"Why, the money invested; the money you hold bonds for."
Buteau, who only suspected the hoard, wanted to make sure. One evening, he had thought he saw his father take a little roll of papers from behind a looking-glass. The next day and the days following he had been on the watch, but nothing had turned up; the empty cavity alone remained.
Fouan's pallor now suddenly changed to a deep red as his torrent of wrath at length burst forth. He rose up, and shouted with a furious gesture:
"Great heaven! You go rummaging in my pockets now. I haven't a sou, a copper invested; you've cost too much for that, you brute. But, in any case, is it any business of yours? Am I not the master, the father?"
He seemed to grow taller in the re-assertion of his authority. For years everybody, wife and children alike, had quailed before him, under his rude despotism as chief of the family. If they fancied all that at an end, they made a mistake.

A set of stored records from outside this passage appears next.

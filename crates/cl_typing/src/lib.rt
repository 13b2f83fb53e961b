//! The hall: the typing rules of units, from declarations to statements (C99, 6.8 and 6.9; OpenCL C 1.2, 6.7).
//! Each answer holds in every table that has the types of the one that it leaves.
#![tactic(auto)]

mod condition;
mod declaring;
mod ends;
mod entering;
mod external;
pub mod function_list;
pub mod head;
pub mod label;
pub mod name_list;
mod param;
pub mod setting;
mod size;
pub mod statement;
mod unit;
pub mod unit_state;
pub mod values;

pub use unit::type_unit;
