//! Functions that have a body, while a unit is read.

ghost use Rattle.std.specs.Prelude.{◌≡◌, ◌++◌, ◌∷◌, [], map, IfOk, OnOk, OnErr};
ghost use Rattle.cl_tree.specs.Units.{has_kernel};
ghost use Rattle.cl_typing.specs.Units.{size_at, with_size_in};

use crate::name_list::NameList;
use cl_tree::Function;
use clv_place::{List, NoMemory};
use std::alloc::Global;
use std::marker::Model;

/// The size at an index, where there is one.
pub(crate) fn size_at(sizes: &[[u32; 3]], at: Option<usize>) -> Option<[u32; 3]>
    ensures { result ≡ size_at sizes.now at }
{
    match at {
        None => None,
        Some(at) => match sizes.get(at) {
            None => None,
            Some(size) => Some(*size),
        },
    }
}

// A function with the size that it requires: the one that stands where its name does, if any.
fn with_size(function: Function, sized: &NameList, sizes: &[[u32; 3]]) -> Function
    ensures { result ≡ with_size_in sized.now sizes.now function }
{
    let mut function = function;
    let at = sized.position(function.name.as_slice());
    function.required = size_at(sizes, at);
    function
}

/// Functions in text order. A contract sees their list.
#[derive(Drop)]
pub struct FunctionList {
    functions: Vec<Function>,
}

impl Model for FunctionList {
    ghost use Rattle.std.specs.Prelude.{List as ListOf};
    ghost use Rattle.std.specs.Coded.{codes};
    ghost use Rattle.cl_tree.specs.contracts.statement.TStmt as e;
    ghost use Rattle.cl_tree.specs.declared.unit.Function.{Function as AFunction};

    ghost Value = { ListOf AFunction };

    ghost coded = { Prim.hlevel (codes, e.the_row.coded) };

    ghost view = { λ f. f.functions.items };
}

impl FunctionList {
    /// No functions. It takes no memory.
    pub fn new(alloc: Global) -> Self
        ensures { result ≡ [] }
    {
        FunctionList {
            functions: Vec::new(alloc),
        }
    }

    /// Adds a function at the end. For want of memory it changes nothing, and drops the function.
    pub fn push(&mut self, function: Function) -> Result<(), NoMemory>
        ensures ok { OnOk result (self.new ≡ self.old ++ function ∷ []) }
        ensures err { OnErr result (self.new ≡ self.old) }
    {
        self.functions.push(function)?;
        Ok(())
    }

    /// Whether some function is a kernel.
    pub fn has_kernel(&self) -> bool
        ensures { result ≡ has_kernel self.now }
    {
        for function in &self.functions {
            if function.kernel {
                return true;
            }
        }
        false
    }

    /// The functions with the sizes that they require: the one that stands where the function's name does, if any.
    pub fn with_sizes(
        self,
        alloc: Global,
        sized: &NameList,
        sizes: &[[u32; 3]],
    ) -> Result<List<Function>, NoMemory>
        ensures { IfOk result (λ fs. fs ≡ map (with_size_in sized.now sizes.now) self) }
    {
        let mut all = List::new(alloc);
        for function in self.functions {
            all.push(with_size(function, sized, sizes))?;
        }
        Ok(all)
    }
}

"Oh, papa!" began Buteau, with an attempt at a snigger.
"Hold your tongue, in God's name!" resumed the old man, with his hand still uplifted. "Hold your tongue, or I strike!"
The younger son stammered, and shrank into himself on his chair. He had felt the blow approaching and had raised his elbow to ward it off, seized once more with the terrors of infancy.
"And you, Hyacinthe, leave off smirking! And you, Fanny, look me in the face, if you dare! True as the sun's shining, I'll make it lively for some of you; see if I don't!"
He stood, threateningly, over them all. The mother shivered, as if apprehensive of stray buffets. The children neither stirred nor breathed, they were conquered and submissive.